=== What the task requires ===
Go through the listing below and gather every line with the word "made".

=== Data extract ===
**********

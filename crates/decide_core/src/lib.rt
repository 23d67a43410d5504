//! Decides whether a specification has a chain of at most `max` steps. It is meant for the windows of a net, most
//! of which have none by counting (a lower bound by the size of the support), and the others few steps.
//!
//! It rests on `bound_core` for the lower bound, on `step_core` for the enumeration of chains of at most four steps and
//! for the refutation of sizes up to seven, and on `size_loop` for the search of a size by formulas. The search begins
//! at the lower bound, with few conflicts. A size up to seven is first tried by the sets of places that further steps
//! read (`refutes`), with a number of tests in proportion to the conflicts; only if that leaves it open is a formula
//! made.
//! Only if a size stays open is a certificate made: the whole search is then repeated with the whole budget, and
//! its verdict holds; if the budget is no greater than that of the first search, there is this search alone. What
//! both searches find, and that the first was left open, is cached (`spec_cache`) for the tables with their
//! inputs in a normal order; chains are permuted back. What stays open is searched again.
//!
//! The theorem is that of `decide`: `Shorter` has a chain of at most `max` steps over the basis that implements
//! the tables, `Least` comes only if there is no such chain, `Open` only with a valid certificate that leaves a
//! size open. With `max` at most 4 nothing stays open.
//!
//! ```text
//! let header = Header { spec, basis, method, conflicts, max: 6 };
//! let mut cache = SpecCache::new(alloc, basis);
//! decide::<S>(alloc, &mut cache, &header)? // Shorter(chain) of at most 6 steps, Least, or Open(certificate)
//! ```
#![tactic(auto)]

mod caching;
mod deciding;
mod ordering;
mod question;
mod stepping;

pub use cert_theory::{Certificate, Header};
pub use deciding::Decided;
pub use ordering::decide;
pub use spec_cache::SpecCache;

**********

=== Answer to the exercise ===
//! made.
//! Only if a size stays open is a certificate made: the whole search is then repeated with the whole budget, and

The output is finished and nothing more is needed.